## Data for processing

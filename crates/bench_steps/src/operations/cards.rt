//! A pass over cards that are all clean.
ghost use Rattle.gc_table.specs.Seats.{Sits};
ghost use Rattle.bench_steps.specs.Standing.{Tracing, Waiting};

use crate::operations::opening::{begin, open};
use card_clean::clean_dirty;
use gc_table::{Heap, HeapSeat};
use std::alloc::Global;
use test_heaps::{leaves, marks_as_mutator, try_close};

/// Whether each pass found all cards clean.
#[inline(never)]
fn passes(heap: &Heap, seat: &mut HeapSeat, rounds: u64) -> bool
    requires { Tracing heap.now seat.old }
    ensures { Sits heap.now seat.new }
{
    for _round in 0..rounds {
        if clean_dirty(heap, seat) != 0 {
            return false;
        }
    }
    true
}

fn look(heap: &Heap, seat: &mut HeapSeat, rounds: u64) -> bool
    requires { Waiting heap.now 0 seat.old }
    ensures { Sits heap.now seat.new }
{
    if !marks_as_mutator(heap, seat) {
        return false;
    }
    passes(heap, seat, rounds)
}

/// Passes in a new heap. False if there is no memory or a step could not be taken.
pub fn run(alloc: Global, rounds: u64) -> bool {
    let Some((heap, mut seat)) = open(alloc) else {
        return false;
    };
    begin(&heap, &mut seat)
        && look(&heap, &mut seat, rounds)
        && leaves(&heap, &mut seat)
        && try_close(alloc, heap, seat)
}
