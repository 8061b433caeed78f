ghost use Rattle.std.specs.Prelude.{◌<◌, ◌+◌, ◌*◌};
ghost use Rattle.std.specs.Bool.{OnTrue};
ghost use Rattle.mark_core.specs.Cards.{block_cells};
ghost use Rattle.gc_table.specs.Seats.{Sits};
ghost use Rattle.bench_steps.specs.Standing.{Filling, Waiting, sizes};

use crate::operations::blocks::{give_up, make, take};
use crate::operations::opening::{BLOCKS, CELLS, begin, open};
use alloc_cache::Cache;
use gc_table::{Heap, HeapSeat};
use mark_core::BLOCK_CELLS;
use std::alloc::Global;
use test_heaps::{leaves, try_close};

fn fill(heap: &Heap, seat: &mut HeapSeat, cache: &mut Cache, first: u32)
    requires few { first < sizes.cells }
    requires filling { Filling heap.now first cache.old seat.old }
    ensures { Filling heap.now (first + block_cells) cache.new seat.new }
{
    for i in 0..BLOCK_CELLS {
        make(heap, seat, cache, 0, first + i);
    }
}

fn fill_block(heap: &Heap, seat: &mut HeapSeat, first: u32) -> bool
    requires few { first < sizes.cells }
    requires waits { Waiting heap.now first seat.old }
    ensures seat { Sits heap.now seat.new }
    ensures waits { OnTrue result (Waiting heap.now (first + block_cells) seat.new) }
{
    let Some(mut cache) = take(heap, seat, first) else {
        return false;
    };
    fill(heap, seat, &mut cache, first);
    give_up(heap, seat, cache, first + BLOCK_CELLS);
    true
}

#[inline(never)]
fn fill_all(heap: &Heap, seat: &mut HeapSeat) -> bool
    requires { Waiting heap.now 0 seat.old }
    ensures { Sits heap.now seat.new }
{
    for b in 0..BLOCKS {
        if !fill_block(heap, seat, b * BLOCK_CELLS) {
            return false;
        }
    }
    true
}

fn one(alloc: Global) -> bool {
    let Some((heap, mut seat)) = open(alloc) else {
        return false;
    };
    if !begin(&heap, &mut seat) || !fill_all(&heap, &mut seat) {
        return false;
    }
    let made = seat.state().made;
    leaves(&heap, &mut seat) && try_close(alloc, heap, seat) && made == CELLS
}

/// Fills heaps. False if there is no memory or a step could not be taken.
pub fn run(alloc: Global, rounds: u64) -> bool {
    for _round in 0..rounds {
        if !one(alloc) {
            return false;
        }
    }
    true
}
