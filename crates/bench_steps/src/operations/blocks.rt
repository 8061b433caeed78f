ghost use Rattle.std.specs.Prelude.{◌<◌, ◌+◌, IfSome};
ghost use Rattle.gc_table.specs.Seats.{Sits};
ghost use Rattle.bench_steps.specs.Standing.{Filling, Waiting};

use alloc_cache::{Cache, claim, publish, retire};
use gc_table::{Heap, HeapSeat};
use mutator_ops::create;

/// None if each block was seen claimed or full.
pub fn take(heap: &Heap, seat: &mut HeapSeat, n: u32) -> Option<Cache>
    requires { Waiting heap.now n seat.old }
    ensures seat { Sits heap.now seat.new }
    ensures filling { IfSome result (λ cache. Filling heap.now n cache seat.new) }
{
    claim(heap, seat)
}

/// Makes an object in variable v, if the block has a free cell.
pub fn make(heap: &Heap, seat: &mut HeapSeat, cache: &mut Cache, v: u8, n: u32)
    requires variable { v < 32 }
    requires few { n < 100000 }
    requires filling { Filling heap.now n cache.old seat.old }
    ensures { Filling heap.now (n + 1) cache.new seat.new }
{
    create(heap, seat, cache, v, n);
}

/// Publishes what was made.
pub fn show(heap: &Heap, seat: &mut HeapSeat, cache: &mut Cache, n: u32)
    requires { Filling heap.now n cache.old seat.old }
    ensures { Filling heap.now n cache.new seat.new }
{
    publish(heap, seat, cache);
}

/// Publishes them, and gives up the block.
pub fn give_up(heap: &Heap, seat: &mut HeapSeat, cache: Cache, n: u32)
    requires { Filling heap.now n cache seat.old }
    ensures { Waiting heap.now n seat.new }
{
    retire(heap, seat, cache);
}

## Instructions for the task
All entries should be given again precisely as they appear above.

## Task response
filename crates/bench_steps/src/operations/cards.rt
//! A pass over cards that are all clean.
ghost use Rattle.gc_table.specs.Seats.{Sits};
ghost use Rattle.bench_steps.specs.Standing.{Tracing, Waiting};

use crate::operations::opening::{begin, open};
use card_clean::clean_dirty;
use gc_table::{Heap, HeapSeat};
use std::alloc::Global;
use test_heaps::{leaves, marks_as_mutator, try_close};

/// Whether each pass found all cards clean.
#[inline(never)]
fn passes(heap: &Heap, seat: &mut HeapSeat, rounds: u64) -> bool
    requires { Tracing heap.now seat.old }
    ensures { Sits heap.now seat.new }
{
    for _round in 0..rounds {
        if clean_dirty(heap, seat) != 0 {
            return false;
        }
    }
    true
}

fn look(heap: &Heap, seat: &mut HeapSeat, rounds: u64) -> bool
    requires { Waiting heap.now 0 seat.old }
    ensures { Sits heap.now seat.new }
{
    if !marks_as_mutator(heap, seat) {
        return false;
    }
    passes(heap, seat, rounds)
}

/// Passes in a new heap. False if there is no memory or a step could not be taken.
pub fn run(alloc: Global, rounds: u64) -> bool {
    let Some((heap, mut seat)) = open(alloc) else {
        return false;
    };
    begin(&heap, &mut seat)
        && look(&heap, &mut seat, rounds)
        && leaves(&heap, &mut seat)
        && try_close(alloc, heap, seat)
}
repository 8061b433caeed78f
ghost use Rattle.std.specs.Prelude.{◌<◌, ◌+◌, ◌*◌};
ghost use Rattle.std.specs.Bool.{OnTrue};
ghost use Rattle.mark_core.specs.Cards.{block_cells};
ghost use Rattle.gc_table.specs.Seats.{Sits};
ghost use Rattle.bench_steps.specs.Standing.{Filling, Waiting, sizes};

use crate::operations::blocks::{give_up, make, take};
use crate::operations::opening::{BLOCKS, CELLS, begin, open};
use alloc_cache::Cache;
use gc_table::{Heap, HeapSeat};
use mark_core::BLOCK_CELLS;
use std::alloc::Global;
use test_heaps::{leaves, try_close};

fn fill(heap: &Heap, seat: &mut HeapSeat, cache: &mut Cache, first: u32)
    requires few { first < sizes.cells }
    requires filling { Filling heap.now first cache.old seat.old }
    ensures { Filling heap.now (first + block_cells) cache.new seat.new }
{
    for i in 0..BLOCK_CELLS {
        make(heap, seat, cache, 0, first + i);
    }
}

fn fill_block(heap: &Heap, seat: &mut HeapSeat, first: u32) -> bool
    requires few { first < sizes.cells }
    requires waits { Waiting heap.now first seat.old }
    ensures seat { Sits heap.now seat.new }
    ensures waits { OnTrue result (Waiting heap.now (first + block_cells) seat.new) }
{
    let Some(mut cache) = take(heap, seat, first) else {
        return false;
    };
    fill(heap, seat, &mut cache, first);
    give_up(heap, seat, cache, first + BLOCK_CELLS);
    true
}

#[inline(never)]
fn fill_all(heap: &Heap, seat: &mut HeapSeat) -> bool
    requires { Waiting heap.now 0 seat.old }
    ensures { Sits heap.now seat.new }
{
    for b in 0..BLOCKS {
        if !fill_block(heap, seat, b * BLOCK_CELLS) {
            return false;
        }
    }
    true
}

fn one(alloc: Global) -> bool {
    let Some((heap, mut seat)) = open(alloc) else {
        return false;
    };
    if !begin(&heap, &mut seat) || !fill_all(&heap, &mut seat) {
        return false;
    }
    let made = seat.state().made;
    leaves(&heap, &mut seat) && try_close(alloc, heap, seat) && made == CELLS
}

/// Fills heaps. False if there is no memory or a step could not be taken.
pub fn run(alloc: Global, rounds: u64) -> bool {
    for _round in 0..rounds {
        if !one(alloc) {
            return false;
        }
    }
    true
}
filename crates/bench_steps/src/operations/blocks.rt
repository 8061b433caeed78f
ghost use Rattle.std.specs.Prelude.{◌<◌, ◌+◌, IfSome};
ghost use Rattle.gc_table.specs.Seats.{Sits};
ghost use Rattle.bench_steps.specs.Standing.{Filling, Waiting};

use alloc_cache::{Cache, claim, publish, retire};
use gc_table::{Heap, HeapSeat};
use mutator_ops::create;

/// None if each block was seen claimed or full.
pub fn take(heap: &Heap, seat: &mut HeapSeat, n: u32) -> Option<Cache>
    requires { Waiting heap.now n seat.old }
    ensures seat { Sits heap.now seat.new }
    ensures filling { IfSome result (λ cache. Filling heap.now n cache seat.new) }
{
    claim(heap, seat)
}

/// Makes an object in variable v, if the block has a free cell.
pub fn make(heap: &Heap, seat: &mut HeapSeat, cache: &mut Cache, v: u8, n: u32)
    requires variable { v < 32 }
    requires few { n < 100000 }
    requires filling { Filling heap.now n cache.old seat.old }
    ensures { Filling heap.now (n + 1) cache.new seat.new }
{
    create(heap, seat, cache, v, n);
}

/// Publishes what was made.
pub fn show(heap: &Heap, seat: &mut HeapSeat, cache: &mut Cache, n: u32)
    requires { Filling heap.now n cache.old seat.old }
    ensures { Filling heap.now n cache.new seat.new }
{
    publish(heap, seat, cache);
}

/// Publishes them, and gives up the block.
pub fn give_up(heap: &Heap, seat: &mut HeapSeat, cache: Cache, n: u32)
    requires { Filling heap.now n cache seat.old }
    ensures { Waiting heap.now n seat.new }
{
    retire(heap, seat, cache);
}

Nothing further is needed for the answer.